- 2100 Mount Diablo Scenic Blvd. Danville, California United States

Information
- Type: Private, college-preparatory, independent, day, and boarding
- Established: 1965
- Head of school: Jay Roberts
- Grades: 6-12
- Enrollment: 528
- Nickname: Owls
- Website: www.athenian.org

= Athenian School =

Private secondary school in Danville, California

The Athenian School is a co-educational, college preparatory boarding and day school located in Danville, California. Students in grades 6-12 attend classes on a 75-acre campus in Contra Costa County. The school was founded by Dyke Brown in 1965.

As of 2025, the school has an enrollment of 528 students in the middle and high school. Approximately 60 students and 18 teachers live on campus full-time. The student to teacher ratio is 8:1 and the average class size is 15.
According to Niche, Athenian is ranked 147th on the 2020 list of Best Private High Schools in America and the number one school in Contra Costa County. Athenian is also ranked as the 40th best boarding school in the United States.

Athenian holds an average SAT score of 1385 (out of 1600) and an average ACT score of 32. According to Boarding School Review, this gives Athenian the 8th highest SAT score of any boarding school in the United States.

In 2024, 137 students took AP Exams, 70% students scoring 4 or 5, 94% students scoring 3 and
above.

== History ==
Dyke Brown founded the school following his tenure as Vice President of the Ford Foundation. His work in youth development and his children's education influenced the school's developmental.

Athenian is a founding member of Round Square, an international organization of schools whose philosophy is influenced by the German educator Kurt Hahn. As of 2021, there are approximately 200 Round Square member schools worldwide.

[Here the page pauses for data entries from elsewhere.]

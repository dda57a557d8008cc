// A pair of an index, by reference.
ghost use Rattle.std.specs.Prelude.{◌≡◌};
ghost use Rattle.je_order.specs.Order.{name_cmp};
ghost use Rattle.secondary.specs.Pairs.{name_in};

use je_order::cmp_bytes;
use std::cmp::Ordering;

/// A pair of an index, whose bytes lie in the record that it is of: the key of the record's data, and the record's
/// own key.
#[derive(Clone, Copy)]
pub struct KeyPair<'a> {
    pub key: &'a [u8],
    pub primary_key: &'a [u8],
}

impl<'a> KeyPair<'a> {
    /// The order in which an index has its pairs.
    pub fn cmp_pair(&self, other: &KeyPair<'_>) -> Ordering
        ensures { result ≡ name_cmp (name_in self.now) (name_in other.now) }
    {
        cmp_bytes(self.key, other.key).then(cmp_bytes(self.primary_key, other.primary_key))
    }
}
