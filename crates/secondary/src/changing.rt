// What changes in an index with a record of its primary.
ghost use Rattle.std.specs.Prelude.{◌≡◌, ◌++◌, IfOk, OnOk};
ghost use Rattle.std.specs.Option.{option_copied};
ghost use Rattle.store_model.specs.Store.{named};
ghost use Rattle.store_model.specs.Indexes.{key_of, is_same_key, taken_out, put_in, keys_changed, index_changes};

use crate::extracting::key_in;
use je_order::{List, Name, Octets, cmp_bytes};
use std::alloc::{AllocError, Global};
use store_model::{Extract, RecordChange};

// The key that an index has for a record, if there is a record.
fn key_of<'a>(extract: &Extract, value: Option<&'a [u8]>) -> Option<&'a [u8]>
    ensures { option_copied result ≡ key_of extract.now (option_copied value.entry) }
{
    match value {
        Some(value) => key_in(extract, value),
        None => None,
    }
}

// Whether both have a key, and the same.
fn is_same_key(key: Option<&[u8]>, other: Option<&[u8]>) -> bool
    ensures { result ≡ is_same_key (option_copied key.entry) (option_copied other.entry) }
{
    match (key, other) {
        (Some(key), Some(other)) => cmp_bytes(key, other).is_eq(),
        _ => false,
    }
}

// The name of a pair.
fn pair_name(alloc: Global, key: &[u8], primary_key: &[u8]) -> Result<Name, AllocError>
    ensures { IfOk result (λ name. name ≡ named key.now primary_key.now) }
{
    Ok(Name {
        key: Octets::from_slice(alloc, key)?,
        dup: Octets::from_slice(alloc, primary_key)?,
    })
}

// The pair of a key goes.
fn take_out(
    changes: &mut Vec<RecordChange>,
    alloc: Global,
    primary_key: &[u8],
    key: Option<&[u8]>,
) -> Result<(), AllocError>
    ensures { OnOk result (changes.new.items ≡ changes.old.items ++ taken_out primary_key.now (option_copied key.entry)) }
{
    let Some(key) = key else {
        return Ok(());
    };
    let at = pair_name(alloc, key, primary_key)?;
    changes.push(RecordChange::Unset { at })?;
    Ok(())
}

// The pair of a key comes.
fn put_in(
    changes: &mut Vec<RecordChange>,
    alloc: Global,
    primary_key: &[u8],
    key: Option<&[u8]>,
) -> Result<(), AllocError>
    ensures { OnOk result (changes.new.items ≡ changes.old.items ++ put_in primary_key.now (option_copied key.entry)) }
{
    let Some(key) = key else {
        return Ok(());
    };
    let at = pair_name(alloc, key, primary_key)?;
    let value = Octets::new(alloc);
    changes.push(RecordChange::Set { at, value })?;
    Ok(())
}

fn keys_changed(
    alloc: Global,
    primary_key: &[u8],
    old: Option<&[u8]>,
    new: Option<&[u8]>,
) -> Result<List<RecordChange>, AllocError>
    ensures { IfOk result (λ changes. changes ≡ keys_changed primary_key.now (option_copied old.entry) (option_copied new.entry)) }
{
    if is_same_key(old, new) {
        return Ok(List::new(alloc));
    }
    let mut changes = Vec::new(alloc);
    take_out(&mut changes, alloc, primary_key, old)?;
    put_in(&mut changes, alloc, primary_key, new)?;
    Ok(List::from_vec(changes))
}

/// What changes in an index with the record of that key in its primary, whose data was `old` and is then `new`,
/// None where there is no record: the pair of its old key goes, and then that of its new key comes; nothing where
/// both are the same. The only error is out of memory.
pub fn index_changes(
    alloc: Global,
    extract: &Extract,
    primary_key: &[u8],
    old: Option<&[u8]>,
    new: Option<&[u8]>,
) -> Result<List<RecordChange>, AllocError>
    ensures { IfOk result (λ changes. changes ≡ index_changes extract.now primary_key.now (option_copied old.entry) (option_copied new.entry)) }
{
    let old = key_of(extract, old);
    let new = key_of(extract, new);
    keys_changed(alloc, primary_key, old, new)
}
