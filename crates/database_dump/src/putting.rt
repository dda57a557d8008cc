// A database as a dump.
ghost use Rattle.std.specs.Prelude.{◌≡◌, []};
ghost use Rattle.text_out.specs.OutBuffer.{Adds, point};
ghost use Rattle.record_tree.specs.Occupied.{occupied_by};
ghost use Rattle.log_replay.specs.Rows.{pair_of};
ghost use Rattle.txn_core.specs.Known.{committed, with_row};
ghost use Rattle.in_tree.specs.Whole.{seen_in};
ghost use Rattle.database_dump.specs.Text.{is_dup, records_text, rows_text};

use dump_text::{put_end, put_header, put_pair};
use in_tree::Trees;
use je_io::Sink;
use record_map::{Cell, Data, EdgeRef, SortKey};
use store_model::Kind;
use text_out::OutBuffer;
use txn_core::reading::committed_in;

fn is_dup(kind: Kind) -> bool
    ensures { result ≡ is_dup kind }
{
    match kind {
        Kind::Plain => false,
        Kind::Dup => true,
    }
}

// The data of a record; with sorted duplicates its name has it.
fn value_of<'a>(kind: Kind, name: &'a SortKey, data: &'a Data) -> &'a [u8]
    ensures { (name.now.key, result.now) ≡ pair_of kind (name.now, data.now) }
{
    match kind {
        Kind::Plain => data.as_slice(),
        Kind::Dup => name.dup(),
    }
}

// Sends what is committed under a name, if a record is.
fn put_cell<K: Sink>(
    buffer: &mut OutBuffer,
    out: &mut K,
    kind: Kind,
    printed: bool,
    name: &SortKey,
    cell: &Cell,
)
    ensures { Adds (point (K.written out.old) (K.faults out.old) buffer.old)
        (point (K.written out.new) (K.faults out.new) buffer.new)
        (rows_text printed kind (with_row name.now (occupied_by cell.now).value [])) }
{
    if let Some(data) = committed_in(cell) {
        put_pair(buffer, out, printed, name.key(), value_of(kind, name, data));
    }
}

// Sends the committed records of the database of that number, in name order.
fn put_records<K: Sink>(
    buffer: &mut OutBuffer,
    out: &mut K,
    records: &Trees,
    db: u32,
    kind: Kind,
    printed: bool,
)
    ensures { Adds (point (K.written out.old) (K.faults out.old) buffer.old)
        (point (K.written out.new) (K.faults out.new) buffer.new)
        (rows_text printed kind (committed (seen_in records.now) db)) }
{
    let mut from = EdgeRef::First;
    'records: while let Some((name, cell)) = records.next(db, from) {
        put_cell(buffer, out, kind, printed, name, cell);
        from = EdgeRef::Behind(name);
    }
}

/// Sends the dump of the database of that number, which is of this kind: its header, its committed records in name order,
/// and the end. With `printed`, bytes that may be printed are shown as themselves. It takes no memory.
pub fn put_database<K: Sink>(
    buffer: &mut OutBuffer,
    out: &mut K,
    records: &Trees,
    db: u32,
    kind: Kind,
    printed: bool,
)
    ensures { Adds (point (K.written out.old) (K.faults out.old) buffer.old)
        (point (K.written out.new) (K.faults out.new) buffer.new)
        (records_text printed kind (committed (seen_in records.now) db)) }
{
    put_header(buffer, out, printed, is_dup(kind));
    put_records(buffer, out, records, db, kind, printed);
    put_end(buffer, out);
}
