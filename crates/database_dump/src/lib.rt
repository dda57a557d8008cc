//! A database in memory as a dump: a walk over its records in name order, each sent as a pair. It stands on the trees of an
//! environment and on the text of dumps, and takes no memory.
#![tactic(auto)]

mod putting;

pub use putting::put_database;
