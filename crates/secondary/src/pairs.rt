// The pairs that an index has for the records of its primary.
ghost use Rattle.std.specs.Prelude.{◌≡◌, ◌++◌, List, OnOk, OnErr};
ghost use Rattle.store_model.specs.declared.extract.Extract.{Extract as By};
ghost use Rattle.store_model.specs.declared.kind.Kind.TheVariants.{Plain};
ghost use Rattle.store_model.specs.Store.{Pair, HasRisingNames};
ghost use Rattle.store_model.specs.Indexes.{index_pairs};
ghost use Rattle.secondary.specs.Pairs.{keyed, keyed_pairs, pairs_in};

use crate::{KeyPair, key_in};
use std::alloc::AllocError;
use store_model::Extract;

/// Puts the pair of a record, if its data has a key, behind the others. No bytes are copied. Out of memory changes nothing.
pub fn push_pair<'a>(
    pairs: &mut Vec<KeyPair<'a>>,
    extract: &Extract,
    primary_key: &'a [u8],
    value: &'a [u8],
) -> Result<(), AllocError>
    ensures ok { OnOk result (pairs_in pairs.new.items ≡ pairs_in pairs.old.items ++ keyed extract.now (primary_key.now, value.now)) }
    ensures err { OnErr result (pairs.new.items ≡ pairs.old.items) }
{
    let Some(key) = key_in(extract, value) else {
        return Ok(());
    };
    pairs.push(KeyPair { key, primary_key })?;
    Ok(())
}

/// Puts the pairs of records into the order in which an index has them, in n log n comparisons. It takes no memory.
pub fn sort_pairs(pairs: &mut Vec<KeyPair<'_>>)
    ensures { (extract : By) (records : List Pair) → HasRisingNames Plain records → pairs_in pairs.old.items ≡ keyed_pairs extract records → pairs_in pairs.new.items ≡ index_pairs extract records }
{
    pairs.sort_unstable_by(|pair, other| pair.cmp_pair(other));
}
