// Which keys indexes have for data, and what changes in them.
use crate::{extract, index_changes, key_in};
use je_order::KEY_LIMIT;
use std::alloc::{AllocError, Global};
use store_model::{Extract, RecordChange};

type Bytes = &'static [u8];

/// A field's number or a slice's place, data, and the key that it has.
#[derive(Clone, Copy)]
enum Row {
    Slice(u32, u32, Bytes, Option<Bytes>),
    Field(u32, Bytes, Option<Bytes>),
}

static KEYS: [Row; 14] = [
    Row::Slice(0, 2, b"abcd", Some(b"ab")),
    Row::Slice(2, 2, b"abcd", Some(b"cd")),
    Row::Slice(3, 2, b"abcd", None),
    Row::Slice(5, 1, b"abcd", None),
    Row::Slice(0, 1, b"", None),
    Row::Field(0, b"red,green,blue", Some(b"red")),
    Row::Field(2, b"red,green,blue", Some(b"blue")),
    Row::Field(3, b"red,green,blue", None),
    Row::Field(1, b"red,,blue", Some(b"")),
    Row::Field(0, b"", Some(b"")),
    Row::Field(1, b"", None),
    Row::Field(0, b",red,", Some(b"")),
    Row::Field(1, b",red,", Some(b"red")),
    Row::Field(2, b",red,", Some(b"")),
];

fn field(number: u32) -> Extract {
    Extract::Field {
        number,
        separator: b',',
    }
}

fn is_key(key: Option<&[u8]>, want: Option<&[u8]>) -> bool {
    match (key, want) {
        (Some(key), Some(want)) => key == want,
        (None, None) => true,
        _ => false,
    }
}

// Whether data has the key that is wanted, borrowed and as bytes of its own.
fn has(alloc: Global, by: &Extract, data: &[u8], want: Option<&[u8]>) -> Result<bool, AllocError> {
    let own = extract(alloc, by, data)?;
    let same = match &own {
        Some(key) => is_key(Some(key.as_slice()), want),
        None => is_key(None, want),
    };
    drop(own);
    Ok(same && is_key(key_in(by, data), want))
}

fn has_key(alloc: Global, row: Row) -> Result<bool, AllocError> {
    match row {
        Row::Slice(offset, length, data, want) => {
            has(alloc, &Extract::ByteSlice { offset, length }, data, want)
        }
        Row::Field(number, data, want) => has(alloc, &field(number), data, want),
    }
}

// The first byte string is cut to the length of a key.
fn is_cut(alloc: Global) -> Result<bool, AllocError> {
    let mut data = Vec::new(alloc);
    for _ in 0..5_000 {
        data.push(7u8)?;
    }
    match key_in(&field(0), data.as_slice()) {
        Some(key) => Ok(key.len() == KEY_LIMIT),
        None => Ok(false),
    }
}

fn is_change(change: &RecordChange, sets: bool, key: &[u8]) -> bool {
    match change {
        RecordChange::Set { at, .. } => sets && at.key.as_slice() == key,
        RecordChange::Unset { at } => !sets && at.key.as_slice() == key,
    }
}

// A record whose data is other: its pair moves.
fn moves(alloc: Global) -> Result<bool, AllocError> {
    let changes = index_changes(alloc, &field(1), b"k", Some(b"1,red"), Some(b"1,green"))?;
    let right = match changes.as_slice() {
        [gone, come] => is_change(gone, false, b"red") && is_change(come, true, b"green"),
        _ => false,
    };
    drop(changes);
    Ok(right)
}

// Data with the same key, or with none before and after.
fn stays(alloc: Global, old: Option<&[u8]>, new: Option<&[u8]>) -> Result<bool, AllocError> {
    let changes = index_changes(alloc, &field(1), b"k", old, new)?;
    let none = changes.is_empty();
    drop(changes);
    Ok(none)
}

#[test]
fn keys_are_slices_and_fields(rt: HostRuntime) -> Result<(), AllocError> {
    for row in &KEYS {
        assert!(&rt; has_key(rt.alloc(), *row)?);
    }
    assert!(&rt; is_cut(rt.alloc())?);
    Ok(())
}

#[test]
fn a_pair_moves_with_its_record(rt: HostRuntime) -> Result<(), AllocError> {
    assert!(&rt; moves(rt.alloc())?);
    assert!(&rt; stays(rt.alloc(), Some(b"1,red"), Some(b"2,red"))?);
    assert!(&rt; stays(rt.alloc(), None, Some(b"1"))?);
    Ok(())
}
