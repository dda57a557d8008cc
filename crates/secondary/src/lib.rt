//! What an index has of a database's records: the key of a record, the sorted pairs of all, and what changes in them with a record. It stands on the model's definitions
//! alone, and reads no tree: callers hand in the data of a record before and after its change. Upward it promises that keys
//! and changes are the model's.
#![tactic(auto)]

mod changing;
#[cfg(test)]
mod examples;
mod extracting;
mod key_pair;
mod pairs;

pub use changing::index_changes;
pub use extracting::{extract, key_in};
pub use key_pair::KeyPair;
pub use pairs::{push_pair, sort_pairs};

In 1962, Brown left the Ford Foundation to begin to raise money for the school he had in mind. Inspired by the Oxford system of individual colleges sharing common resources, his original plan was a series of four campuses sharing a library, science classrooms, athletic facilities, a performing-arts complex, and other facilities. He found 80+ acres of land in what was then rural Contra Costa county, a portion of what was then the Blackhawk Ranch, bordering on Mount Diablo State Park.

Construction began in 1963, and the founding head, W. Robert Usellis, began recruiting the pioneer classes in the fall of 1964. Brown's vision was startling at the time: he planned for both integration and coeducation. During the 1960s, the school was among a minority of private institutions to practice coeducation and racial integration. The school collaborated with programs such as A Better Chance to recruit a diverse student body. The norm for boarding schools at the time was single-sex; a coeducational boarding program was unusual. In September 1965, the school opened with approximately sixty students, in ninth and tenth grades. In 1968, the founding class graduated, with a full enrollment of about 120 students, of whom only about six were day students.

In the 1970s, Athenian weathered local, national, and international changes. The surrounding area was transformed from cattle ranches to upscale developments. Athenian's neighbor, Blackhawk Ranch, was sold to land developer Ken Behring, and by 1979 2,500 upscale homes were built. The population boom in the area meant that there was an increased demand for day student places at the school.

Nationally, at least two forces were at work. First, the stagflation of the 1970s meant that parents had less discretionary income, thus weakening the pool of prospective boarding students. Other demographic changes, such as the increase in divorce, affected the pool of prospective boarding students.

In 1979, there was sufficient interest in the surrounding community for Athenian to open a day-school-only middle school, serving students in grades 6–8. Most of them continued on to finish high school at Athenian.

== Athletics ==
Athenian is one of ten schools in the Bay Counties League - East. The school colors are terra cotta and black; the sports teams wear orange and black. The full list of sports offered includes wrestling, soccer, volleyball, tennis, dance, golf, swimming, track & field, cross country, basketball, baseball, badminton, women's lacrosse and a variety of other non-team athletics, including hiking, ultimate frisbee, fencing, yoga, outdoor adventure, and weight training.
In 2024, Athenian boys basketball team won its first CIF State championship.

== Athenian Wilderness Experience (AWE) ==
Athenian students in their junior year spend twenty six days backpacking in either the Sierra Nevada during the summer, or Death Valley during the spring semester. The course is designed to promote personal growth, develop a sense of community, and foster environmental stewardship amongst Athenian students.

On the homecoming day, AWE participants take part in a tradition known as "Run In", during which students run from a location that is 8 miles away from the school back to the campus.

== March Term ==
March Term courses are two-week immersive experiences. These typically include international and domestic travel focused on service work, cultural immersion, and independent inquiry in fields such as environmental conservation, social justice, and history.